Improving Operational Feasibility in Large-Scale Power System Planning

TL;DR

This paper presents a new method for large-scale power system planning that ensures AC feasibility by combining initial approximations with redispatch and reinforcement, considering operational constraints and stability limits.

Contribution

It introduces an approach that integrates power flow approximations into iterative transmission planning, ensuring AC feasibility and stability in large power system models.

Findings

Including transmission losses in initial solutions reduces redispatch needs.

Reactive power constraints did not significantly improve results.

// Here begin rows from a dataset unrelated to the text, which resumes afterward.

//! `SpanQueue` and its methods. A clause sees a queue as its `items`, from the oldest to the newest, and its `capacity`.

ghost use Rattle.std.specs.Prelude.{◌≡◌, ◌^◌, ◌*◌, ◌-◌, ◌<◌, ◌≤◌, ◌==◌, ◌+◌, [], ◌∷◌, ◌++◌, length, take, drop, replicate};
ghost use Rattle.std.specs.Prelude.{vec_len, vec_capacity};
ghost use Rattle.std.specs.Prelude.{slice_get, option_copied, ◌↔◌, IsOk, IfOk, IfErr, OnOk};
ghost use Rattle.circular_buffer.specs.Buffer.{buffer};
ghost use Rattle.circular_buffer.specs.Places.{Wraps};
ghost use Rattle.otel_batch.specs.SpanQueue.{TakesAt};

use circular_buffer::HeapCircularBuffer;
use std::alloc::{AllocError, Global};
use std::marker::Model;

/// How many items a chunk can hold.
const CHUNK_LEN: usize = 64;

/// A queue of at most `limit` items, in a circle of chunks. The oldest items are in the head chunk and the newest in the
/// tail chunk; the chunks between them are full, and all others are empty.
#[derive(Drop)]
pub struct SpanQueue<T> {
    chunks: Vec<HeapCircularBuffer<T>>,
    // The places of the head chunk and of the tail chunk.
    head: usize,
    tail: usize,
    len: usize,
    limit: usize,
}

impl<T> Model for SpanQueue<T> {
    ghost use Rattle.circular_buffer.specs.Buffer.{Buffer, buffer, buffer_code};

    ghost Value = { Buffer T };

    ghost coded = { buffer_code T.code };

    ghost use Rattle.otel_batch.specs.SpanQueue.{circle, items_of, IsQueueTo};

    ghost view = { λ q. buffer (items_of (circle q.head q.chunks.items)) q.limit };

    ghost invariant = { λ q. IsQueueTo q.chunks.items q.head q.tail q.len q.limit };
}

/// The place that lies some steps after another one, in a circle of `count` places. It is out of line, since few puts
/// and takings go on to the next chunk.
#[inline(never)]
fn place_after(from: usize, steps: usize, count: usize) -> usize
    requires { (from < count) × (steps ≤ count) × (count < 2 ^ 63) }
    ensures { Wraps from steps count result }
{
    let place = from + steps;
    if place < count { place } else { place - count }
}

/// The place of the chunk with the oldest item: the head's, and where that is empty the one after it.
fn place_to_take<T>(chunks: &[HeapCircularBuffer<T>], head: usize) -> usize
    requires { (head < length chunks.now) × (length chunks.now < 2 ^ 63) }
    ensures { TakesAt chunks.now head result }
{
    if chunks[head].is_empty() {
        place_after(head, 1, chunks.len())
    } else {
        head
    }
}

/// Chunks that are all empty.
fn empty_chunks<T: Drop>(
    alloc: Global,
    count: usize,
) -> Result<Vec<HeapCircularBuffer<T>>, AllocError>
    ensures { IfOk result (λ chunks. chunks.items ≡ replicate count (buffer [] CHUNK_LEN)) }
{
    let mut chunks = Vec::with_capacity(alloc, count)?;
    for i in 0..count {
        chunks.push(HeapCircularBuffer::with_capacity(alloc, CHUNK_LEN)?)?;
    }
    Ok(chunks)
}

impl<T: Drop> SpanQueue<T> {
    /// Makes an empty queue of at most `limit` items, and takes all its memory. It fails where there is no memory for it.
    pub fn with_capacity(alloc: Global, limit: usize) -> Result<SpanQueue<T>, AllocError>
        ensures { IfOk result (λ b. b ≡ buffer [] limit) }
    {
        // Asked for at once, a queue that is too large is refused before the first chunk is made.
        let room: HeapCircularBuffer<T> = HeapCircularBuffer::with_capacity(alloc, limit)?;
        let limit = room.capacity();
        drop(room);
        Ok(SpanQueue {
            chunks: empty_chunks(alloc, limit / CHUNK_LEN + 2)?,
            head: 0,
            tail: 0,
            len: 0,
            limit,
        })
    }

    /// The number of items.
    pub fn len(&self) -> usize
        ensures len { result ≡ length self.now.items }
        ensures within { (result ≤ self.now.capacity) × (self.now.capacity < 2 ^ 63) }
    {
        self.len
    }

    /// The most items that the queue can hold.
    pub fn capacity(&self) -> usize
        ensures capacity { result ≡ self.now.capacity }
        ensures within { (length self.now.items ≤ result) × (result < 2 ^ 63) }
    {
        self.limit
    }

    /// Whether the queue holds no item.
    pub fn is_empty(&self) -> bool
        ensures { result ≡ (length self.now.items == 0) }
    {
        self.len() == 0
    }

    /// Whether the queue holds as many items as it can.
    pub fn is_full(&self) -> bool
        ensures { result ≡ (length self.now.items == self.now.capacity) }
    {
        self.len() == self.capacity()
    }

    /// The item at `index`, counted from the oldest, in constant time.
    pub fn get(&self, index: usize) -> Option<&T>
        ensures { option_copied result ≡ slice_get self.now.items index }
    {
        if index >= self.len {
            return None;
        }
        let in_head = self.chunks[self.head].len();
        if index < in_head {
            return self.chunks[self.head].get(index);
        }
        let rest = index - in_head;
        let place = place_after(self.head, rest / CHUNK_LEN + 1, self.chunks.len());
        self.chunks[place].get(rest % CHUNK_LEN)
    }

    /// Appends an item, or hands it back if the queue is full, in constant time.
    #[inline(always)]
    pub fn try_push_back(&mut self, item: T) -> Result<(), T>
        ensures variant { IsOk result ↔ (length self.old.items < self.old.capacity) }
        ensures ok { OnOk result (self.new ≡ buffer (self.old.items ++ item ∷ []) self.old.capacity) }
        ensures err { IfErr result (λ x. (x ≡ item) × (self.new ≡ self.old)) }
    {
        if self.len >= self.limit {
            return Err(item);
        }
        // A full tail chunk hands the item back, and the one after it becomes the tail.
        let item = match self.chunks[self.tail].try_push_back(item) {
            Ok(()) => {
                self.len += 1;
                return Ok(());
            }
            Err(item) => item,
        };
        let next = place_after(self.tail, 1, self.chunks.len());
        let Ok(()) = self.chunks[next].try_push_back(item) else {
            unreachable!();
        };
        self.tail = next;
        self.len += 1;
        Ok(())
    }

    /// Removes the oldest item and returns it, in constant time.
    #[inline(always)]
    pub fn pop_front(&mut self) -> Option<T>
        ensures value { result ≡ slice_get self.old.items 0 }
        ensures items { self.new ≡ buffer (drop 1 self.old.items) self.old.capacity }
    {
        if self.len == 0 {
            return None;
        }
        self.head = place_to_take(&self.chunks, self.head);
        self.len -= 1;
        let Some(item) = self.chunks[self.head].pop_front() else {
            unreachable!();
        };
        Some(item)
    }

    /// Moves so many of the oldest items, or all where there are fewer, after those of a list that has room for them.
    pub fn pop_into(&mut self, items: &mut Vec<T>, count: usize)
        requires { vec_len items.old + count ≤ vec_capacity items.old }
        ensures items { items.new.items ≡ items.old.items ++ take count self.old.items }
        ensures left { self.new ≡ buffer (drop count self.old.items) self.old.capacity }
        ensures len { vec_len items.new ≡ length items.new.items }
        ensures capacity { vec_capacity items.new ≡ vec_capacity items.old }
    {
        for _i in 0..count {
            let Some(item) = self.pop_front() else {
                return;
            };
            items.push_reserved(item);
        }
    }
}
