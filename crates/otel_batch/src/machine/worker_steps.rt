//! The steps of the worker. Only `pull` needs memory, and only with an empty hand where spans wait: room for a whole
//! batch, which the exporter may have left from the one before. `close` writes a reason to each request that it drops,
//! which is empty where there is no memory. What an exporter itself takes is its own.

ghost use Rattle.std.specs.Prelude.{◌≡◌};
ghost use Rattle.otel_batch.specs.DrainResult.{first_failure};

use crate::machine::batch_machine::BatchMachine;
use crate::machine::queue::{batch_limit, has_room};
use crate::machine::slots::{drop_requests, error_of, set_slot};
use crate::machine::state::{Message, Slot, Why, Worker};
use crate::machine::step::Outcome;
use otel_export::error::{OTelSdkError, OTelSdkResult};
use otel_export::trace::SpanExporter;
use std::mem;

impl<E: SpanExporter> BatchMachine<E> {
    ghost use Rattle.otel_batch.specs.MachineState.{counts};
    ghost use Rattle.otel_batch.specs.WorkerSteps.{TakeRow, TickRow, ClearRow, LoadRow, PullRow};
    ghost use Rattle.otel_batch.specs.WorkerSteps.{HandOverRow, SubtractRow};
    ghost use Rattle.otel_batch.specs.DrainEnds.{FinishRow, CloseRow};
    ghost use Rattle.otel_batch.specs.MovedSpans.{Keeps, MovesSpans};
    ghost use Rattle.otel_batch.specs.declared.machine.step.Step.TheVariants as step;

    pub(super) fn take(&mut self) -> Outcome
        ensures row { TakeRow (counts self.old) result (counts self.new) }
        ensures moved { MovesSpans E.SpanExporter self.old step.Take result self.new }
    {
        let Worker::Ready = self.worker else {
            return Outcome::NotEnabled;
        };
        match self.messages.pop_front() {
            None => Outcome::Nothing,
            Some(Message::Export) => {
                self.worker = Worker::Clearing;
                Outcome::TookExport
            }
            Some(Message::Flush(p)) => {
                self.worker = Worker::Loading(Why::Flush(p));
                Outcome::TookFlush(p)
            }
            Some(Message::Shutdown(p)) => {
                self.worker = Worker::Loading(Why::Shutdown(p));
                Outcome::TookShutdown(p)
            }
            Some(Message::Resource(resource)) => {
                self.exporter.set_resource(&resource);
                drop(resource);
                Outcome::TookResource
            }
        }
    }

    pub(super) fn tick(&mut self) -> Outcome
        ensures row { TickRow (counts self.old) result (counts self.new) }
        ensures moved { Keeps self.old self.new }
    {
        let Worker::Ready = self.worker else {
            return Outcome::NotEnabled;
        };
        self.worker = Worker::Loading(Why::Timer);
        Outcome::Ticked
    }

    pub(super) fn clear(&mut self) -> Outcome
        ensures row { ClearRow (counts self.old) result (counts self.new) }
        ensures moved { Keeps self.old self.new }
    {
        let Worker::Clearing = self.worker else {
            return Outcome::NotEnabled;
        };
        self.flag = false;
        self.worker = Worker::Loading(Why::Asked);
        Outcome::Cleared
    }

    #[tactic(auto, using(crate::proofs::SlotSums::slot_sums))]
    pub(super) fn load(&mut self) -> Outcome
        ensures row { LoadRow (counts self.old) result (counts self.new) }
        ensures moved { Keeps self.old self.new }
    {
        let Worker::Loading(why) = self.worker else {
            return Outcome::NotEnabled;
        };
        self.why = why;
        self.target = self.counter;
        self.done = 0;
        drop(mem::replace(&mut self.result, Ok(())));
        self.refused = false;
        self.worker = if self.counter == 0 {
            Worker::Finishing
        } else {
            Worker::Pulling
        };
        Outcome::Loaded(self.counter)
    }

    pub(super) fn pull(&mut self) -> Outcome
        ensures row { PullRow (counts self.old) result (counts self.new) }
        ensures moved { MovesSpans E.SpanExporter self.old step.Pull result self.new }
    {
        let Worker::Pulling = self.worker else {
            return Outcome::NotEnabled;
        };
        let limit = batch_limit(
            self.waiting.capacity(),
            self.batch_size,
            self.target,
            self.done,
        );
        if self.waiting.is_empty() {
            self.worker = if self.hand.is_empty() {
                Worker::Finishing
            } else {
                Worker::Handing
            };
            return Outcome::Empty;
        }
        if !has_room(&mut self.hand, limit) {
            self.refused = true;
            keep_failure(&mut self.result, Err(OTelSdkError::OutOfMemory));
            self.worker = Worker::Finishing;
            return Outcome::NoMemory;
        }
        self.waiting.pop_into(&mut self.hand, 1);
        self.worker = if self.hand.len() < limit {
            Worker::Pulling
        } else {
            Worker::Handing
        };
        Outcome::Pulled
    }

    pub(super) fn hand_over(&mut self) -> Outcome
        ensures row { HandOverRow (counts self.old) result (counts self.new) }
        ensures moved { MovesSpans E.SpanExporter self.old step.HandOver result self.new }
    {
        let Worker::Handing = self.worker else {
            return Outcome::NotEnabled;
        };
        let count = self.hand.len();
        let answer = self.exporter.export_from(&mut self.hand);
        let error = error_of(&answer, self.alloc);
        keep_failure(&mut self.result, answer);
        self.worker = Worker::Subtracting(count);
        Outcome::HandedOver(count, error)
    }

    pub(super) fn subtract(&mut self) -> Outcome
        ensures row { SubtractRow (counts self.old) result (counts self.new) }
        ensures moved { Keeps self.old self.new }
    {
        let Worker::Subtracting(count) = self.worker else {
            return Outcome::NotEnabled;
        };
        self.counter -= count as u128;
        self.done += count as u128;
        self.worker = if self.done < self.target {
            Worker::Pulling
        } else {
            Worker::Finishing
        };
        Outcome::Subtracted
    }

    pub(super) fn finish(&mut self) -> Outcome
        ensures row { FinishRow (counts self.old) result (counts self.new) }
        ensures moved { Keeps self.old self.new }
    {
        let Worker::Finishing = self.worker else {
            return Outcome::NotEnabled;
        };
        let answer = mem::replace(&mut self.result, Ok(()));
        match self.why {
            Why::Asked => {
                self.worker = Worker::Ready;
                Outcome::Finished(answer.err())
            }
            Why::Timer => {
                self.worker = Worker::Ready;
                Outcome::Finished(answer.err())
            }
            Why::Flush(p) => {
                set_slot(&mut self.slots, p, Slot::Answered(answer));
                self.worker = Worker::Ready;
                Outcome::Finished(None)
            }
            Why::Shutdown(p) => {
                drop(answer);
                if self.refused {
                    let refusal = Err(OTelSdkError::OutOfMemory);
                    set_slot(&mut self.slots, p, Slot::Answered(refusal));
                    self.worker = Worker::Ready;
                    return Outcome::Finished(None);
                }
                self.worker = Worker::Closing(p);
                Outcome::Finished(None)
            }
        }
    }

    pub(super) fn close(&mut self) -> Outcome
        ensures row { CloseRow (counts self.old) result (counts self.new) }
        ensures moved { MovesSpans E.SpanExporter self.old step.Close result self.new }
    {
        let Worker::Closing(p) = self.worker else {
            return Outcome::NotEnabled;
        };
        let _ = self.exporter.shutdown();
        set_slot(&mut self.slots, p, Slot::Answered(Ok(())));
        drop_requests(&mut self.messages, &mut self.slots, self.alloc);
        self.closed = true;
        self.worker = Worker::Gone;
        Outcome::ShutDown(self.waiting.len())
    }
}

/// What a drain answers so far, after one more answer: the first error stays.
fn keep_failure(so_far: &mut OTelSdkResult, answer: OTelSdkResult)
    ensures { so_far.new ≡ first_failure so_far.old answer }
{
    if so_far.is_ok() {
        *so_far = answer;
    }
}
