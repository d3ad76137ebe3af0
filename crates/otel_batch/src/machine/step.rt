//! What the producers and the worker of a batch queue do, one step at a time, and what each step answers. A producer
//! is one of the threads that end spans, and is named by its number, from 0.

use otel_export::error::{OTelSdkError, OTelSdkResult};
use otel_export::trace::SpanData;
use otel_resource::resource::Resource;

/// A step of a producer or of the worker.
#[derive(Debug, Drop)]
pub enum Step {
    /// The producer has an ended span, and counts it.
    Offer(usize, SpanData),
    /// It puts the span into the queue.
    Send(usize),
    /// It takes back the count of a span that was refused.
    Undo(usize),
    /// It wants the worker to export, since a batch is full.
    Ask(usize),
    /// It posts that wish to the control queue.
    Post(usize),
    /// It takes the wish back, since there was no room for it.
    Reset(usize),
    RequestFlush(usize),
    RequestShutdown(usize),
    /// It takes the answer to its request.
    Collect(usize),
    /// Somebody says what the spans to come are of.
    PostResource(Resource),
    /// The worker takes a message of the control queue.
    Take,
    /// The worker's timer has run out.
    Tick,
    /// The worker clears the wish to export.
    Clear,
    /// The worker starts a drain: it notes how many spans are accounted for.
    Load,
    /// The worker takes a span from the queue into its hand.
    Pull,
    /// The worker hands the batch in its hand to the exporter.
    HandOver,
    /// The worker no longer counts that batch.
    Subtract,
    /// The worker ends its drain.
    Finish,
    /// The worker ends its work.
    Close,
}

/// What a step did.
#[derive(Debug, Drop, PartialEq)]
pub enum Outcome {
    /// The span is not sampled.
    Skipped,
    /// The span is counted, and this is the counter.
    Counted(u128),
    Accepted,
    /// The queue has no room.
    Full,
    /// The machine is shut down.
    Closed,
    Undone,
    AlreadyAsked,
    MayPost,
    Posted,
    ResetDone,
    Requested,
    Collected(OTelSdkResult),
    /// The control queue is empty.
    Nothing,
    TookExport,
    TookFlush(usize),
    TookShutdown(usize),
    TookResource,
    Ticked,
    Cleared,
    /// A drain has started, with this target.
    Loaded(u128),
    /// No span waits.
    Empty,
    Pulled,
    /// There is no memory for a batch.
    NoMemory,
    /// So many spans were handed over, and the exporter answered this error, that of a failure without its text.
    HandedOver(usize, Option<OTelSdkError>),
    Subtracted,
    /// The drain has ended, with this error where nobody waits for it.
    Finished(Option<OTelSdkError>),
    /// The machine is shut down, and so many spans still wait.
    ShutDown(usize),
    /// The step is not enabled, or names no producer. Nothing changed.
    NotEnabled,
}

The method guarantees steady-state voltage stability for inverter-dominated systems.

Abstract

Large-scale power system planning mostly uses linearized, active power only approximations of the power flow equations, ignores many operational constraints, and tests the operational feasibility of the resulting systems only under strongly simplifying assumptions. We propose an approach to obtain solutions to large instances of the alternating current capacity expansion problem via redispatch and reinforcement of an initial solution. The problem formulation considers simultaneous expansion of generators, reactive compensation devices, storage systems, and transmission. Furthermore, it includes operational constraints via startup procedures and capability curves of power sources and simplified stability limits via constraints on voltage angle differences and voltage magnitudes. To obtain initial solutions, we test several established and partly modified power flow approximations and integrate them into an approach for iterative transmission expansion planning, thereby obtaining convex formulations. We demonstrate the approach on large problem instances covering the islands of Great Britain and Ireland at the transmission level, for which we extend the open data source to model reactive power. We find that including transmission losses to determine the initial solution is most decisive, as the amount of redispatch and reinforcements necessary to obtain an alternating current feasible solution is reduced, whereas incorporating reactive power constraints did not lead to further improvements. Our approach ensures an alternating current feasible system under weak assumptions, thus guaranteeing steady-state voltage stability and allowing subsequent dynamic grid simulations, which is instrumental for planning stable future inverter-dominated power systems.